**THE PROBLEM**. Look through the entries below and extract exactly the lines from the one containing "fn of_refusal(interface: Interface, code: ErrorCode)" through the one containing "let code = p3::ErrorCode::from_code(code);", ends included.
*** Opening of DATA EXTRACT ***
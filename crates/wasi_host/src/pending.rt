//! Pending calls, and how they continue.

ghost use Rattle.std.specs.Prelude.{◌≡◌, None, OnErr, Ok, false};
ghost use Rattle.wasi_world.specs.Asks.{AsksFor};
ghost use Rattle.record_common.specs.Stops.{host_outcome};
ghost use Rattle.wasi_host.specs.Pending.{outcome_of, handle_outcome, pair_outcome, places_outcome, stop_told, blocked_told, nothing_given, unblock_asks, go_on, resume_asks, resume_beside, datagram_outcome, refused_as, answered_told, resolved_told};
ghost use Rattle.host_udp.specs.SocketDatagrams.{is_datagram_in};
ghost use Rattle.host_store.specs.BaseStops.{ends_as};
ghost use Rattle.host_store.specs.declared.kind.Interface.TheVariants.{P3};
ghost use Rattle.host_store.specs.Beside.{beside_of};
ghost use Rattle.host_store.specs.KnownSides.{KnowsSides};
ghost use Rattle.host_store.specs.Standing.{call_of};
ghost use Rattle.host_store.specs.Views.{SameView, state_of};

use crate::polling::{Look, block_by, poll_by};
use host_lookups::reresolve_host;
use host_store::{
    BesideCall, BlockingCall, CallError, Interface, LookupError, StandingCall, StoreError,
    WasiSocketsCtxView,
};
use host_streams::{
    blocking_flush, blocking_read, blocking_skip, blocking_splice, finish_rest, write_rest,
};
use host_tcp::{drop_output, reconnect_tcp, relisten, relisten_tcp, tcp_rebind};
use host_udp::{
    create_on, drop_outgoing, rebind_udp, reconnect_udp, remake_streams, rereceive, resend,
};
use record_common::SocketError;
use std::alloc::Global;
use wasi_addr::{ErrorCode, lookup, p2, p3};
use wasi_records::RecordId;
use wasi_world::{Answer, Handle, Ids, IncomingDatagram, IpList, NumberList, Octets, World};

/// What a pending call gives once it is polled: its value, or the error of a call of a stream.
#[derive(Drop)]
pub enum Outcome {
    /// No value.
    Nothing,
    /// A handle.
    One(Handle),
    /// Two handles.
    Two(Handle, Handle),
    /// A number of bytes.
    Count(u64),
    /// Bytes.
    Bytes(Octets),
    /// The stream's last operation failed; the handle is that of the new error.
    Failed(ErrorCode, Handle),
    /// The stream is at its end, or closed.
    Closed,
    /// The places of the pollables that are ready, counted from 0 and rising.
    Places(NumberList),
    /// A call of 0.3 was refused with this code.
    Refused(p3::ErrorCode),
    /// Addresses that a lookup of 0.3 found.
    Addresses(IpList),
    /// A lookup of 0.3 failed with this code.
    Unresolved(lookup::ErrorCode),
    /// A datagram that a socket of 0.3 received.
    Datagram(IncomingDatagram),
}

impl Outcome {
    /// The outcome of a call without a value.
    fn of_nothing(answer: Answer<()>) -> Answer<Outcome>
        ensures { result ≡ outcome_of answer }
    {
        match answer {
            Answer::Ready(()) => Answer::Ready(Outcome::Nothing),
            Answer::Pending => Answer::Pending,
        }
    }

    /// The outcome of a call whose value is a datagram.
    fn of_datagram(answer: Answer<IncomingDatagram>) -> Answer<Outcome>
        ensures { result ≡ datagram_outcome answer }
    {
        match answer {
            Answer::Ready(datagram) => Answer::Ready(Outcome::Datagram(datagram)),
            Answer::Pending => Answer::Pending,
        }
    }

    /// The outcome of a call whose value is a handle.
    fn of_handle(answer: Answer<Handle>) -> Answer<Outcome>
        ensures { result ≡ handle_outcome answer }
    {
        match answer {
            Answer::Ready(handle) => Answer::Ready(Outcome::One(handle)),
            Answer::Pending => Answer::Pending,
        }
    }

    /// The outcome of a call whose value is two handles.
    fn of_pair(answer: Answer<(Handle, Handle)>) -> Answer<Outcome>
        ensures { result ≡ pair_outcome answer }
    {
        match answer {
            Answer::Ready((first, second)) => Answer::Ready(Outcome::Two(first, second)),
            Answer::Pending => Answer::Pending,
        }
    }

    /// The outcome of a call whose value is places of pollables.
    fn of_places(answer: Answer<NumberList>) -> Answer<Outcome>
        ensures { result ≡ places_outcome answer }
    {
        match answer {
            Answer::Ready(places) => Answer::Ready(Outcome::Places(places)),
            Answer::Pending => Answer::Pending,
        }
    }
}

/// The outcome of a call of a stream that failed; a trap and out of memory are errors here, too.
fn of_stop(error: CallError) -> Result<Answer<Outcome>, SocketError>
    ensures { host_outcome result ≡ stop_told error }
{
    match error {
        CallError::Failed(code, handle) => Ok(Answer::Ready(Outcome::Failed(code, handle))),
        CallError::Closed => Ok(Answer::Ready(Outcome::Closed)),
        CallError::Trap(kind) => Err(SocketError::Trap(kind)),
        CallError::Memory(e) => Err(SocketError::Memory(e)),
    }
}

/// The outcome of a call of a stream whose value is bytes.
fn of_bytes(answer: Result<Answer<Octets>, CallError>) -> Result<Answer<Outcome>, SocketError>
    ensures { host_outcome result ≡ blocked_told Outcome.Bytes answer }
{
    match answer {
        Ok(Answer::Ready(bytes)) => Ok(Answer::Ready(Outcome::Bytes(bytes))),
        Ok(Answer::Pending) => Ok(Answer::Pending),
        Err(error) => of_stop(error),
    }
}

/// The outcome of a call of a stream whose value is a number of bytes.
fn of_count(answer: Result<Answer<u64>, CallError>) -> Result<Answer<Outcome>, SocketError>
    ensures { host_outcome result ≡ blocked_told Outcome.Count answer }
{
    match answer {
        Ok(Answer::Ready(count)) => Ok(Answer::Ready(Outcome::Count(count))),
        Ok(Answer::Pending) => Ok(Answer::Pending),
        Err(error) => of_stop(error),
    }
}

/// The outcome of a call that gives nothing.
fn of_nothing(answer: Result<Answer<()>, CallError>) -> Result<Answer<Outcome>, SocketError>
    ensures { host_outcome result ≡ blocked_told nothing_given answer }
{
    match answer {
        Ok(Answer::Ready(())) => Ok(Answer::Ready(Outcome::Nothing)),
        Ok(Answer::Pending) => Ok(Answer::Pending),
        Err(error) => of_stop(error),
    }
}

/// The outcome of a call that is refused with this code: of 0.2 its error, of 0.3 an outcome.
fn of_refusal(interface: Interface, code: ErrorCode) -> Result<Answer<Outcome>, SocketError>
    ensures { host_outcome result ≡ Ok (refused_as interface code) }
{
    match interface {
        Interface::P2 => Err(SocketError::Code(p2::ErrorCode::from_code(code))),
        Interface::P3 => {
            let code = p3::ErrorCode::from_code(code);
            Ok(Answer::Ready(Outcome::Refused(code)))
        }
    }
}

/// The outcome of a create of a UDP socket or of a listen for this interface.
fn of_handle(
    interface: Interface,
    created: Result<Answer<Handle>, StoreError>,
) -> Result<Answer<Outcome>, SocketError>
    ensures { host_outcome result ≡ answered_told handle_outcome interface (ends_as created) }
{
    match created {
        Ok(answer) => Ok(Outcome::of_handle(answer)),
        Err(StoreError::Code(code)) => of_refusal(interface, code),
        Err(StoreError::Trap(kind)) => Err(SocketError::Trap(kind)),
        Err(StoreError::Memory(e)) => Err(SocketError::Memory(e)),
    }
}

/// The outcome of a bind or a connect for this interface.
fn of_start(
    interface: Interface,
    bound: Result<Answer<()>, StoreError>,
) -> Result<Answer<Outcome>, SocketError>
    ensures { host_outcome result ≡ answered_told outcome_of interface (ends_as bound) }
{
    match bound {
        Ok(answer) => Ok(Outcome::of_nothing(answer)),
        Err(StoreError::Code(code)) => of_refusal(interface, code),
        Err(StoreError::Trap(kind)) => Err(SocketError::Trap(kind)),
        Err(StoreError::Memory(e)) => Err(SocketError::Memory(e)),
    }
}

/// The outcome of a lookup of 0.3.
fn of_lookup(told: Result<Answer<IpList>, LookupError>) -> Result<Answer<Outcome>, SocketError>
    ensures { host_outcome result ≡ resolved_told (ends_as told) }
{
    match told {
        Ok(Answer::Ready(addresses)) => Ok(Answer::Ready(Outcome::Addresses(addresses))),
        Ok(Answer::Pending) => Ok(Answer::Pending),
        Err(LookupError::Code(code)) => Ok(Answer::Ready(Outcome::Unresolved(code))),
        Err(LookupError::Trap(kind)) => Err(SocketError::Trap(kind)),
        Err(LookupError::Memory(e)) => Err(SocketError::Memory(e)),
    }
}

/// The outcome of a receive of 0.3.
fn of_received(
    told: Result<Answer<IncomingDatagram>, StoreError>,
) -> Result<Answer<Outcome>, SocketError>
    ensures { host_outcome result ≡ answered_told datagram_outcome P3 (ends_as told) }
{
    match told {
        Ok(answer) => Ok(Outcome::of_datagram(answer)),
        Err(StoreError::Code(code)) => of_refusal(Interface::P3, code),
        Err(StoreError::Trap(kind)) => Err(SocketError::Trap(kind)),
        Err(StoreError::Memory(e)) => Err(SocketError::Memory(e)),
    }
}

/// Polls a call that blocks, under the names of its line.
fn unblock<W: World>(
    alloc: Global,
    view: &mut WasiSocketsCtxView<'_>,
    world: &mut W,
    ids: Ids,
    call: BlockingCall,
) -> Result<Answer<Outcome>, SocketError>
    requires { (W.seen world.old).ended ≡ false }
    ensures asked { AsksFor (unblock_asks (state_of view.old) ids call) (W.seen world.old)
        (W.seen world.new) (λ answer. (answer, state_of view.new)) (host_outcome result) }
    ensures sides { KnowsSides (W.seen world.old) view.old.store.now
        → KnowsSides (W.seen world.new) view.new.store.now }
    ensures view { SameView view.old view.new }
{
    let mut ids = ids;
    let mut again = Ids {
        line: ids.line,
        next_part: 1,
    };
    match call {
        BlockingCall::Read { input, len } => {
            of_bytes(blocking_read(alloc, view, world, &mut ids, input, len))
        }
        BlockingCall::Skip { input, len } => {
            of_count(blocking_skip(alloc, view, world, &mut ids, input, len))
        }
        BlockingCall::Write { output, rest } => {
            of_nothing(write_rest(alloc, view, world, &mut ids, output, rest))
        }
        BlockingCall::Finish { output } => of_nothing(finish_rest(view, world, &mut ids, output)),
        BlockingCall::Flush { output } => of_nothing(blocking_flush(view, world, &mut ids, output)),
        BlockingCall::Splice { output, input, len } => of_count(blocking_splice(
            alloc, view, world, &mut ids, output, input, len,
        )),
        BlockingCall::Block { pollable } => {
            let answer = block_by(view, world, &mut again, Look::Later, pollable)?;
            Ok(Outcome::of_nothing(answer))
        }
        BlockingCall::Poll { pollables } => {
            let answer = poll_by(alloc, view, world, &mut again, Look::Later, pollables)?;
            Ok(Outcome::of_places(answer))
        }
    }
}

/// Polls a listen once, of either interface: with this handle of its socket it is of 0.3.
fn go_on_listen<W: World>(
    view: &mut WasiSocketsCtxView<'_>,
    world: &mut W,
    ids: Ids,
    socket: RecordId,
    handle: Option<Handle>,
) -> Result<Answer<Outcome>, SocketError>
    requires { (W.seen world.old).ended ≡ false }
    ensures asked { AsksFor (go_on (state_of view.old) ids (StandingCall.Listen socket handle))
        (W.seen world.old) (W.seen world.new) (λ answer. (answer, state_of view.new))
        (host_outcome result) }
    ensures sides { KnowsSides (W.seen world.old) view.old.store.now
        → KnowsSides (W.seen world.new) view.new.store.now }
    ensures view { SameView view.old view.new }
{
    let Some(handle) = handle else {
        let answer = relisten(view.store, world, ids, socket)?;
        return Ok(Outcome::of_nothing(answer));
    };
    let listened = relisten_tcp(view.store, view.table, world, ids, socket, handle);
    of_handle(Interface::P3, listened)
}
*** Close of DATA EXTRACT ***
**SOLUTION TO THIS TASK**.
fn of_refusal(interface: Interface, code: ErrorCode) -> Result<Answer<Outcome>, SocketError>
    ensures { host_outcome result ≡ Ok (refused_as interface code) }
{
    match interface {
        Interface::P2 => Err(SocketError::Code(p2::ErrorCode::from_code(code))),
        Interface::P3 => {
            let code = p3::ErrorCode::from_code(code);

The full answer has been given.